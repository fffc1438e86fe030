ghost use Rattle.std.specs.Prelude.{◌≡◌, ℕ, ◌+◌, ◌<◌, ◌≤◌, true, false, List, length, replicate, IfOk, OnOk, OnErr};
ghost use Rattle.parcel.specs.Results.{IsResult};
ghost use Rattle.parcel.specs.Parcels.{IsParcel};
ghost use Rattle.parcel.specs.Windows.{window_count};
ghost use Rattle.parcel.specs.Laws.{Starts};
ghost use Rattle.core_loop.specs.CoreView.{windows_of, no_peer, posted_of, taken_of};
ghost use Rattle.core_loop.specs.Stocked.{HoldsEntrants, AreBytesOf};
ghost use Rattle.core_loop.specs.WorldState.{IsInStep, CoreStands};
ghost use Rattle.core_loop.specs.Turns.{StillStands, OwesTake, HasTradedAll, IsCoreDone, own_visit_count};
ghost use Rattle.core_loop.specs.Trading.{TakesIn, SameTrades};
ghost use Rattle.core_loop.specs.TallyView.{added};

use crate::entering::{count_entrants, enter_all};
use crate::entrants::Entrants;
use crate::handing::{hand_out, take_notes};
use crate::peer::Peer;
use crate::tally::Tally;
use crate::work::Work;
use journal::Setup;
use mn_base::NoMemory;
use parcel::{CoreResult, Parcel, lookahead};
use payload_store::Store;
use std::alloc::Global;
use std::marker::Model;

/// One core of a setup, from its start to its result.
///
/// It goes on in rounds. In round n it posts its parcel n to each other core and takes parcel n of each; then it knows where
/// window n starts, runs its own visits in it, and makes its parcels n + 1. What it does follows from the setup, its own state and
/// the parcels alone, whatever ports they come through.
#[derive(Drop)]
pub struct Core<'s> {
    pub(crate) setup: &'s Setup,
    pub(crate) number: u32,
    /// The length of windows, in ticks.
    lookahead: u64,
    pub(crate) peers: Vec<Peer>,
    pub(crate) work: Work<'s>,
    entrants: Entrants,
    /// It found no memory; what else it holds is in no order. It is set, too, while a window is run or a parcel is taken in.
    pub(crate) failed: bool,
}

impl<'s> Model for Core<'s> {
    ghost use Rattle.core_loop.specs.CoreView.{CoreView};

    ghost Value = { CoreView };

    ghost use Rattle.std.specs.Coded.{codes, coded_ℕ, coded_list};
    ghost use Rattle.std.specs.FinMap as map;
    ghost use Rattle.std.specs.Ordering.{nat_cmp};

    ghost coded = { Prim.hlevel (codes, map.code {R = nat_cmp} coded_ℕ (coded_list coded_ℕ)) };

    ghost use Rattle.core_loop.specs.Inside.{core_view, IsCore};

    ghost view = { core_view };

    ghost invariant = { IsCore };
}

impl<'s> Core<'s> {
    /// A core of a setup, with the store that holds the payloads of the packets that enter there. It has run no window, and has
    /// posted and taken nothing.
    pub fn start(
        alloc: Global,
        setup: &'s Setup,
        core: u32,
        store: Store,
    ) -> Result<Core<'s>, NoMemory>
        requires core { core < setup.now.cores }
        requires store { HoldsEntrants setup.now core store }
        ensures setup { IfOk result (λ c. c.setup ≡ setup.now) }
        ensures number { IfOk result (λ c. c.number ≡ core) }
        ensures stands { IfOk result (λ c. (bytes : List (List ℕ)) → AreBytesOf setup.now core store bytes → CoreStands bytes c) }
        ensures windows { IfOk result (λ c. windows_of c ≡ 0) }
        ensures posted { IfOk result (λ c. (other : ℕ) → posted_of c other ≡ 0) }
        ensures taken { IfOk result (λ c. (other : ℕ) → taken_of c other ≡ 0) }
        ensures works { IfOk result (λ c. c.failed ≡ false) }
        ensures in_step { IfOk result IsInStep }
    {
        let _parts = setup.parts();
        let mut entrants = Entrants::of_store(alloc, store)?;
        let mut work = Work::idle(alloc, setup, core, count_entrants(setup, core))?;
        let mut peers = idle_peers(alloc, setup)?;
        enter_all(alloc, setup, &mut work, &mut entrants)?;
        hand_out(alloc, &mut work, &mut entrants, &mut peers)?;
        Ok(Core {
            setup,
            number: core,
            lookahead: lookahead(setup),
            peers,
            work,
            entrants,
            failed: false,
        })
    }

    /// Its number.
    pub fn number(&self) -> u32
        ensures { result ≡ self.now.number }
    {
        self.number
    }

    /// Takes in a parcel of a core: what arrives is due, and what is settled is settled.
    pub(crate) fn take_in(&mut self, other: u32, parcel: Parcel) -> Result<(), NoMemory>
        requires works { self.old.failed ≡ false }
        requires owed { OwesTake self.old other }
        requires parcel { IsParcel self.old.setup other self.old.number (windows_of self.old) parcel }
        ensures takes { TakesIn self.old other self.new }
        ensures works { OnOk result (self.new.failed ≡ false) }
        ensures stands { OnOk result (StillStands self.old self.new) }
        ensures err { OnErr result (self.new.failed ≡ true) }
    {
        self.failed = true;
        let peer = &mut self.peers[other as usize];
        peer.taken += 1;
        peer.least = parcel.least;
        take_notes(&mut self.work, &mut self.entrants, &parcel.notes)?;
        self.failed = false;
        Ok(())
    }

    /// Runs the window that starts at this tick, and makes the parcels of the next round.
    pub(crate) fn run_window(&mut self, alloc: Global, start: u64) -> Result<(), NoMemory>
        requires works { self.old.failed ≡ false }
        requires traded { HasTradedAll self.old }
        requires starts { Starts self.old.setup (windows_of self.old) start }
        ensures same { SameTrades self.old self.new }
        ensures rises { windows_of self.old ≤ windows_of self.new }
        ensures windows { OnOk result (windows_of self.new ≡ windows_of self.old + 1) }
        ensures works { OnOk result (self.new.failed ≡ false) }
        ensures stands { OnOk result (StillStands self.old self.new) }
        ensures failed { OnErr result (self.new.failed ≡ true) }
    {
        self.failed = true;
        self.work.run(alloc, start + self.lookahead)?;
        self.work.end_window();
        hand_out(alloc, &mut self.work, &mut self.entrants, &mut self.peers)?;
        self.failed = false;
        Ok(())
    }

    /// Its result at the end of the run, when its last turn has answered `Done`; it counts in the tally.
    pub fn finish(self, tally: &mut Tally) -> CoreResult
        requires done { IsCoreDone self }
        requires works { self.failed ≡ false }
        ensures result { (bytes : List (List ℕ)) → CoreStands bytes self.entry → IsResult self.entry.setup bytes self.entry.number result }
        ensures tally { tally.new ≡ added tally.old 1 (window_count self.entry.setup) (own_visit_count self.entry.setup self.entry.number) }
    {
        let Core {
            setup: _,
            number: _,
            lookahead: _,
            peers: _,
            work,
            entrants,
            failed: _,
        } = self;
        let counts = work.counts();
        tally.add_core(counts.windows, counts.visits);
        CoreResult {
            settled: entrants.into_settled(),
            pipe_counts: work.into_counts(),
            counts,
        }
    }

    /// Gives up its store and its parcels.
    pub fn abandon(self) {
        let _ = self;
    }
}

/// What a core keeps of each core at its start.
fn idle_peers(alloc: Global, setup: &Setup) -> Result<Vec<Peer>, NoMemory>
    ensures { IfOk result (λ peers. peers.items ≡ replicate setup.now.cores no_peer) }
{
    let mut peers = Vec::new(alloc);
    for _core in 0..setup.parts().cores {
        peers.push(Peer {
            posted: 0,
            taken: 0,
            owed: None,
            least: None,
        })?;
    }
    Ok(peers)
}

/// A core may move to a thread of its own: this needs the bound.
fn moved(core: Core) -> Core {
    through(core)
}

fn through<T: Send>(value: T) -> T {
    value
}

********

_THE TASK_
Copy out each entry exactly, leaving nothing out.

_TASK RESPONSE_
repository fffc1438e86fe030
ghost use Rattle.std.specs.Prelude.{◌≡◌, ℕ, ◌+◌, ◌<◌, ◌≤◌, true, false, List, length, replicate, IfOk, OnOk, OnErr};
ghost use Rattle.parcel.specs.Results.{IsResult};
ghost use Rattle.parcel.specs.Parcels.{IsParcel};
ghost use Rattle.parcel.specs.Windows.{window_count};
ghost use Rattle.parcel.specs.Laws.{Starts};
ghost use Rattle.core_loop.specs.CoreView.{windows_of, no_peer, posted_of, taken_of};
ghost use Rattle.core_loop.specs.Stocked.{HoldsEntrants, AreBytesOf};
ghost use Rattle.core_loop.specs.WorldState.{IsInStep, CoreStands};
ghost use Rattle.core_loop.specs.Turns.{StillStands, OwesTake, HasTradedAll, IsCoreDone, own_visit_count};
ghost use Rattle.core_loop.specs.Trading.{TakesIn, SameTrades};
ghost use Rattle.core_loop.specs.TallyView.{added};

use crate::entering::{count_entrants, enter_all};
use crate::entrants::Entrants;
use crate::handing::{hand_out, take_notes};
use crate::peer::Peer;
use crate::tally::Tally;
use crate::work::Work;
use journal::Setup;
use mn_base::NoMemory;
use parcel::{CoreResult, Parcel, lookahead};
use payload_store::Store;
use std::alloc::Global;
use std::marker::Model;

/// One core of a setup, from its start to its result.
///
/// It goes on in rounds. In round n it posts its parcel n to each other core and takes parcel n of each; then it knows where
/// window n starts, runs its own visits in it, and makes its parcels n + 1. What it does follows from the setup, its own state and
/// the parcels alone, whatever ports they come through.
#[derive(Drop)]
pub struct Core<'s> {
    pub(crate) setup: &'s Setup,
    pub(crate) number: u32,
    /// The length of windows, in ticks.
    lookahead: u64,
    pub(crate) peers: Vec<Peer>,
    pub(crate) work: Work<'s>,
    entrants: Entrants,
    /// It found no memory; what else it holds is in no order. It is set, too, while a window is run or a parcel is taken in.
    pub(crate) failed: bool,
}

impl<'s> Model for Core<'s> {
    ghost use Rattle.core_loop.specs.CoreView.{CoreView};

    ghost Value = { CoreView };

    ghost use Rattle.std.specs.Coded.{codes, coded_ℕ, coded_list};
    ghost use Rattle.std.specs.FinMap as map;
    ghost use Rattle.std.specs.Ordering.{nat_cmp};

    ghost coded = { Prim.hlevel (codes, map.code {R = nat_cmp} coded_ℕ (coded_list coded_ℕ)) };

    ghost use Rattle.core_loop.specs.Inside.{core_view, IsCore};

    ghost view = { core_view };

    ghost invariant = { IsCore };
}

impl<'s> Core<'s> {
    /// A core of a setup, with the store that holds the payloads of the packets that enter there. It has run no window, and has
    /// posted and taken nothing.
    pub fn start(
        alloc: Global,
        setup: &'s Setup,
        core: u32,
        store: Store,
    ) -> Result<Core<'s>, NoMemory>
        requires core { core < setup.now.cores }
        requires store { HoldsEntrants setup.now core store }
        ensures setup { IfOk result (λ c. c.setup ≡ setup.now) }
        ensures number { IfOk result (λ c. c.number ≡ core) }
        ensures stands { IfOk result (λ c. (bytes : List (List ℕ)) → AreBytesOf setup.now core store bytes → CoreStands bytes c) }
        ensures windows { IfOk result (λ c. windows_of c ≡ 0) }
        ensures posted { IfOk result (λ c. (other : ℕ) → posted_of c other ≡ 0) }
        ensures taken { IfOk result (λ c. (other : ℕ) → taken_of c other ≡ 0) }
        ensures works { IfOk result (λ c. c.failed ≡ false) }
        ensures in_step { IfOk result IsInStep }
    {
        let _parts = setup.parts();
        let mut entrants = Entrants::of_store(alloc, store)?;
        let mut work = Work::idle(alloc, setup, core, count_entrants(setup, core))?;
        let mut peers = idle_peers(alloc, setup)?;
        enter_all(alloc, setup, &mut work, &mut entrants)?;
        hand_out(alloc, &mut work, &mut entrants, &mut peers)?;
        Ok(Core {
            setup,
            number: core,
            lookahead: lookahead(setup),
            peers,
            work,
            entrants,
            failed: false,
        })
    }

    /// Its number.
    pub fn number(&self) -> u32
        ensures { result ≡ self.now.number }
    {
        self.number
    }

    /// Takes in a parcel of a core: what arrives is due, and what is settled is settled.
    pub(crate) fn take_in(&mut self, other: u32, parcel: Parcel) -> Result<(), NoMemory>
        requires works { self.old.failed ≡ false }
        requires owed { OwesTake self.old other }
        requires parcel { IsParcel self.old.setup other self.old.number (windows_of self.old) parcel }
        ensures takes { TakesIn self.old other self.new }
        ensures works { OnOk result (self.new.failed ≡ false) }
        ensures stands { OnOk result (StillStands self.old self.new) }
        ensures err { OnErr result (self.new.failed ≡ true) }
    {
        self.failed = true;
        let peer = &mut self.peers[other as usize];
        peer.taken += 1;
        peer.least = parcel.least;
        take_notes(&mut self.work, &mut self.entrants, &parcel.notes)?;
        self.failed = false;
        Ok(())
    }

    /// Runs the window that starts at this tick, and makes the parcels of the next round.
    pub(crate) fn run_window(&mut self, alloc: Global, start: u64) -> Result<(), NoMemory>
        requires works { self.old.failed ≡ false }
        requires traded { HasTradedAll self.old }
        requires starts { Starts self.old.setup (windows_of self.old) start }
        ensures same { SameTrades self.old self.new }
        ensures rises { windows_of self.old ≤ windows_of self.new }
        ensures windows { OnOk result (windows_of self.new ≡ windows_of self.old + 1) }
        ensures works { OnOk result (self.new.failed ≡ false) }
        ensures stands { OnOk result (StillStands self.old self.new) }
        ensures failed { OnErr result (self.new.failed ≡ true) }
    {
        self.failed = true;
        self.work.run(alloc, start + self.lookahead)?;
        self.work.end_window();
        hand_out(alloc, &mut self.work, &mut self.entrants, &mut self.peers)?;
        self.failed = false;
        Ok(())
    }

    /// Its result at the end of the run, when its last turn has answered `Done`; it counts in the tally.
    pub fn finish(self, tally: &mut Tally) -> CoreResult
        requires done { IsCoreDone self }
        requires works { self.failed ≡ false }
        ensures result { (bytes : List (List ℕ)) → CoreStands bytes self.entry → IsResult self.entry.setup bytes self.entry.number result }
        ensures tally { tally.new ≡ added tally.old 1 (window_count self.entry.setup) (own_visit_count self.entry.setup self.entry.number) }
    {
        let Core {
            setup: _,
            number: _,
            lookahead: _,
            peers: _,
            work,
            entrants,
            failed: _,
        } = self;
        let counts = work.counts();
        tally.add_core(counts.windows, counts.visits);
        CoreResult {
            settled: entrants.into_settled(),
            pipe_counts: work.into_counts(),
            counts,
        }
    }

    /// Gives up its store and its parcels.
    pub fn abandon(self) {
        let _ = self;
    }
}

/// What a core keeps of each core at its start.
fn idle_peers(alloc: Global, setup: &Setup) -> Result<Vec<Peer>, NoMemory>
    ensures { IfOk result (λ peers. peers.items ≡ replicate setup.now.cores no_peer) }
{
    let mut peers = Vec::new(alloc);
    for _core in 0..setup.parts().cores {
        peers.push(Peer {
            posted: 0,
            taken: 0,
            owed: None,
            least: None,
        })?;
    }
    Ok(peers)
}

/// A core may move to a thread of its own: this needs the bound.
fn moved(core: Core) -> Core {
    through(core)
}

fn through<T: Send>(value: T) -> T {
    value
}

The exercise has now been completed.